Exercise details: Copy every line in the records below that contains the word "AreByKey".

Records from a collection:
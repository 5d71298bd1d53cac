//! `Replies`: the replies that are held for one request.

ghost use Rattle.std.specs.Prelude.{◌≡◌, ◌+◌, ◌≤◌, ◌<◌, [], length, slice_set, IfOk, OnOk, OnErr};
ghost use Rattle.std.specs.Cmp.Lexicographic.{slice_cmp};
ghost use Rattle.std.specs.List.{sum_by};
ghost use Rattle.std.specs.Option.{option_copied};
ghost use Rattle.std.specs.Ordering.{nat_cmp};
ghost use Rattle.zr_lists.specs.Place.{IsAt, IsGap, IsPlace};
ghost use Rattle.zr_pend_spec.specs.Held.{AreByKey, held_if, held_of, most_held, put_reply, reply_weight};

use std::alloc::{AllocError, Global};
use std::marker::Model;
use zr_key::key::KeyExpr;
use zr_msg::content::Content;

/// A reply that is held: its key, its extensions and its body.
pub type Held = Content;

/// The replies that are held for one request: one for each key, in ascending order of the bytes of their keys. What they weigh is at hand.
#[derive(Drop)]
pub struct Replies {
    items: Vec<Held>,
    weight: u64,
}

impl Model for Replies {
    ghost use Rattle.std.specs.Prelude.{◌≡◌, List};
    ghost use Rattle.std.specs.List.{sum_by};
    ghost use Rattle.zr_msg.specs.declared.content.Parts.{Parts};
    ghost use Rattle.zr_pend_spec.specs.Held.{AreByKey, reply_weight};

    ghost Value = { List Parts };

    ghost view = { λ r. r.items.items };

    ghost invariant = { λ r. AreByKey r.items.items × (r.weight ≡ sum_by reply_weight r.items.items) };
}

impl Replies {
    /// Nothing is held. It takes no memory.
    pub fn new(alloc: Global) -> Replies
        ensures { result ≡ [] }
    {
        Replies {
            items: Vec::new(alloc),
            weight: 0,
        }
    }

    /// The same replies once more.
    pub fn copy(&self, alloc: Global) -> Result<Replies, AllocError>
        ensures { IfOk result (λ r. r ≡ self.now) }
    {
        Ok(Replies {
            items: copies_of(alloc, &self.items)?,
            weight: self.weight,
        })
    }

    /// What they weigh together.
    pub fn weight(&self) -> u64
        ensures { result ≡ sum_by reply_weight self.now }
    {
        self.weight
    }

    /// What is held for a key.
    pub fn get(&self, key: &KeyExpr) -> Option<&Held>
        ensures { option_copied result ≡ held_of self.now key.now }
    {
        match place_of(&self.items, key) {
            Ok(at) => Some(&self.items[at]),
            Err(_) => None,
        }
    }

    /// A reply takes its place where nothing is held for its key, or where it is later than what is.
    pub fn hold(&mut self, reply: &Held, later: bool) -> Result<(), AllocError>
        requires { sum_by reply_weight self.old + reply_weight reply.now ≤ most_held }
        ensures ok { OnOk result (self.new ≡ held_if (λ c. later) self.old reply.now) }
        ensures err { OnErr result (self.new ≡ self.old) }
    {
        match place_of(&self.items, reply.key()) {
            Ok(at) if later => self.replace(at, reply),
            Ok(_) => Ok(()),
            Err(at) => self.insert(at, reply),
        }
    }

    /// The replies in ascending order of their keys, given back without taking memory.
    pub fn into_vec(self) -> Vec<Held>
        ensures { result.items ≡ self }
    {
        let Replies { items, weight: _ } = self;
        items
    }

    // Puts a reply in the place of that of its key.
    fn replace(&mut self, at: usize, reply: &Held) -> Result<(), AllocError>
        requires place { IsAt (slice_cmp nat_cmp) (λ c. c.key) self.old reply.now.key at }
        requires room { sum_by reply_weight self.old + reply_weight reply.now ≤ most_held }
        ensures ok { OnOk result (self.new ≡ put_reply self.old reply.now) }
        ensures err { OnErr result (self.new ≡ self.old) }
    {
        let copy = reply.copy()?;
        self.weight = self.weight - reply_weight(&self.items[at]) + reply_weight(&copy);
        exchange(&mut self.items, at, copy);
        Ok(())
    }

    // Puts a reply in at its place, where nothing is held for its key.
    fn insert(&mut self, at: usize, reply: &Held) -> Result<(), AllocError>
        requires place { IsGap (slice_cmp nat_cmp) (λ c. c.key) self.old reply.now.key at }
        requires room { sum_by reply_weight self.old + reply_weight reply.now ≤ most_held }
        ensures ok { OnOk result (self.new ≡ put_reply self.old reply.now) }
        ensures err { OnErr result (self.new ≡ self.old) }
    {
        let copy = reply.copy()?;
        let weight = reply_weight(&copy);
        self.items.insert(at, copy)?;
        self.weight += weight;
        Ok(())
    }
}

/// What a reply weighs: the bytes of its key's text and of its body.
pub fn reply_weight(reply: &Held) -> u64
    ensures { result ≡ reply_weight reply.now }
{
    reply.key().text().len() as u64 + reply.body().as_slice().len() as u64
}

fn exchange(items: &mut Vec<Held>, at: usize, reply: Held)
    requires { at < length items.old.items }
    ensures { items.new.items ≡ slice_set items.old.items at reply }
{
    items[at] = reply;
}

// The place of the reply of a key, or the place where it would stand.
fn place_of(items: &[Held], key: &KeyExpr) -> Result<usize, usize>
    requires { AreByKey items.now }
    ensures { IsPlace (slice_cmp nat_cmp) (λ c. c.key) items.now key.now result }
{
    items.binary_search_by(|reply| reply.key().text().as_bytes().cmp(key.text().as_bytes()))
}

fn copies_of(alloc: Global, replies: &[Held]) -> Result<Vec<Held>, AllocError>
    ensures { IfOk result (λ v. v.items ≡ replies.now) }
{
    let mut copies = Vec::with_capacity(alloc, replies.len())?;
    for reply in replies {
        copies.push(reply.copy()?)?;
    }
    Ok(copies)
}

Worked solution:
ghost use Rattle.zr_pend_spec.specs.Held.{AreByKey, held_if, held_of, most_held, put_reply, reply_weight};
    ghost use Rattle.zr_pend_spec.specs.Held.{AreByKey, reply_weight};
    ghost invariant = { λ r. AreByKey r.items.items × (r.weight ≡ sum_by reply_weight r.items.items) };
    requires { AreByKey items.now }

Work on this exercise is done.